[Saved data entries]
■ ■ ■ ■ ■
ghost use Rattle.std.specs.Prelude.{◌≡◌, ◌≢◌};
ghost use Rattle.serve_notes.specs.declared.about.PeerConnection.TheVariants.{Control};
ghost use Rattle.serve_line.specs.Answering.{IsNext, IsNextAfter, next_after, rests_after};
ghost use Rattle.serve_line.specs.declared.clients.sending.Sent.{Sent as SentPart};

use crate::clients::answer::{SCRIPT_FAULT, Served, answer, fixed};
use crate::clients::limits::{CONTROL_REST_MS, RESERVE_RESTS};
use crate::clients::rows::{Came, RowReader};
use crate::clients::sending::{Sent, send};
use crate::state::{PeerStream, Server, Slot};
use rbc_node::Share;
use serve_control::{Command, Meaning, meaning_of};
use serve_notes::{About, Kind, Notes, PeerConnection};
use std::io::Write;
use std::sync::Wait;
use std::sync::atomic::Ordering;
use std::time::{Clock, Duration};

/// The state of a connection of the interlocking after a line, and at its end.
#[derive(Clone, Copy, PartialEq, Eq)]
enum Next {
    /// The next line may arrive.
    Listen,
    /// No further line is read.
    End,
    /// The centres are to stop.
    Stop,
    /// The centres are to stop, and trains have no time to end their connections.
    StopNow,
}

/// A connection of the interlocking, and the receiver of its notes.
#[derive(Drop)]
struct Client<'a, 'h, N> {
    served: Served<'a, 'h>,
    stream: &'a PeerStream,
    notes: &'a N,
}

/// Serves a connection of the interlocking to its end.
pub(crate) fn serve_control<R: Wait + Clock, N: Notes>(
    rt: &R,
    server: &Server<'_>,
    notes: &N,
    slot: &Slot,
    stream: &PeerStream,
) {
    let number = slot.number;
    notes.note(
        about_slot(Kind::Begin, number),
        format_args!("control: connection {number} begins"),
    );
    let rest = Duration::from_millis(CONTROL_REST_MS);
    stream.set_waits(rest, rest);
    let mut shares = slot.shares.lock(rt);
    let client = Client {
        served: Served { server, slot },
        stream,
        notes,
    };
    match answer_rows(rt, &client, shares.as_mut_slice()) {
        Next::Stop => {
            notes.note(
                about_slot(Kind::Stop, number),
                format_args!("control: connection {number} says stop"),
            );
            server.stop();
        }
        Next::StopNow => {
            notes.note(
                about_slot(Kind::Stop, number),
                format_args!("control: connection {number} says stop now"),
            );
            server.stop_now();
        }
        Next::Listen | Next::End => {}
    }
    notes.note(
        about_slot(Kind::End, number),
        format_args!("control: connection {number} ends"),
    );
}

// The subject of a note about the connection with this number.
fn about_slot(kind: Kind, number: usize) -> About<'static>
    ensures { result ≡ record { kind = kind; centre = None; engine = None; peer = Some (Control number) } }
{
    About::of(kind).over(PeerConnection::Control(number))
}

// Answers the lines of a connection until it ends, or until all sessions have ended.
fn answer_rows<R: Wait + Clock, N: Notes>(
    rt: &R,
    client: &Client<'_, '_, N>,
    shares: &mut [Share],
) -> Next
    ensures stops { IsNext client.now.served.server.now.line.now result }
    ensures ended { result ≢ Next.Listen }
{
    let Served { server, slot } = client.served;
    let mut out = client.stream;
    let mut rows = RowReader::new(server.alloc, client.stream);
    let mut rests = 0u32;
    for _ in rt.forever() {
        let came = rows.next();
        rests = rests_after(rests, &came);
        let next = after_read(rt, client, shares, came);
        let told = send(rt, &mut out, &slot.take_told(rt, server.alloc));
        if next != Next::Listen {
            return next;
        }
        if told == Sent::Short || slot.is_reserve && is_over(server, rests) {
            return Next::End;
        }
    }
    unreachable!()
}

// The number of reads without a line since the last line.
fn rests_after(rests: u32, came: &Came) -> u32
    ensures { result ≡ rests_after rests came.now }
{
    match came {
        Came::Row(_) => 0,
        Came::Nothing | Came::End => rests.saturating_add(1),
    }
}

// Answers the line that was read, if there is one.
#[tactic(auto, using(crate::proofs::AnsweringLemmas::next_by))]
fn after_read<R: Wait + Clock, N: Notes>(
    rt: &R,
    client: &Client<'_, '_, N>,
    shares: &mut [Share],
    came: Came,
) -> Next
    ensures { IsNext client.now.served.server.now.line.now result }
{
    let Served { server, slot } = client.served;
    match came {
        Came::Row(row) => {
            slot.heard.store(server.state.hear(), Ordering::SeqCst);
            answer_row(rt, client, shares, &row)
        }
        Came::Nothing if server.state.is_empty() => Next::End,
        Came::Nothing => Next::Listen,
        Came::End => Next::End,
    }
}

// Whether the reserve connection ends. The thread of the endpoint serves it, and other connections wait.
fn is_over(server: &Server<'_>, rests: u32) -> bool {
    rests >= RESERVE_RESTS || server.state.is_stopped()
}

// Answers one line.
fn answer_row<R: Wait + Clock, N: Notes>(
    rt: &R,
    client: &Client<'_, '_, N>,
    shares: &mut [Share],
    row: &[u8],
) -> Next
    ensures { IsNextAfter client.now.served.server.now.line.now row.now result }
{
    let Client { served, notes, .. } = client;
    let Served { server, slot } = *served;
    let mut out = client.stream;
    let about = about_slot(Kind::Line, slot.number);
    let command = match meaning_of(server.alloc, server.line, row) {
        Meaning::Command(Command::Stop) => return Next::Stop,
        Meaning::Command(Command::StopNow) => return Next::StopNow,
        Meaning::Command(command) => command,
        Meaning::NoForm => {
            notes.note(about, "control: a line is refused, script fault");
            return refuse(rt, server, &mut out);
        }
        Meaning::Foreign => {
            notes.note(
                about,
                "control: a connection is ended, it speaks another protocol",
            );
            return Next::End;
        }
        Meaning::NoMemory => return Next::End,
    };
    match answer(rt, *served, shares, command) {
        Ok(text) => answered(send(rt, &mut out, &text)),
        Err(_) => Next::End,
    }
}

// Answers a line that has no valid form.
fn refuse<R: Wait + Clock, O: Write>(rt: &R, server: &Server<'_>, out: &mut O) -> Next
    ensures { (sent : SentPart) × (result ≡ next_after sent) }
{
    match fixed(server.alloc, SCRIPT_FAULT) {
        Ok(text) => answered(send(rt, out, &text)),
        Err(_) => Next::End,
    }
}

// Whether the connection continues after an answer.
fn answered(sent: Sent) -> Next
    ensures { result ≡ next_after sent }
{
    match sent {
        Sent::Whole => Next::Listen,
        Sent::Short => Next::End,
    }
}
■ ■ ■ ■ ■
For each line above that includes the word "ends", make a copy of that line.

ANSWER:
        format_args!("control: connection {number} ends"),
// Answers the lines of a connection until it ends, or until all sessions have ended.
// Whether the reserve connection ends. The thread of the endpoint serves it, and other connections wait.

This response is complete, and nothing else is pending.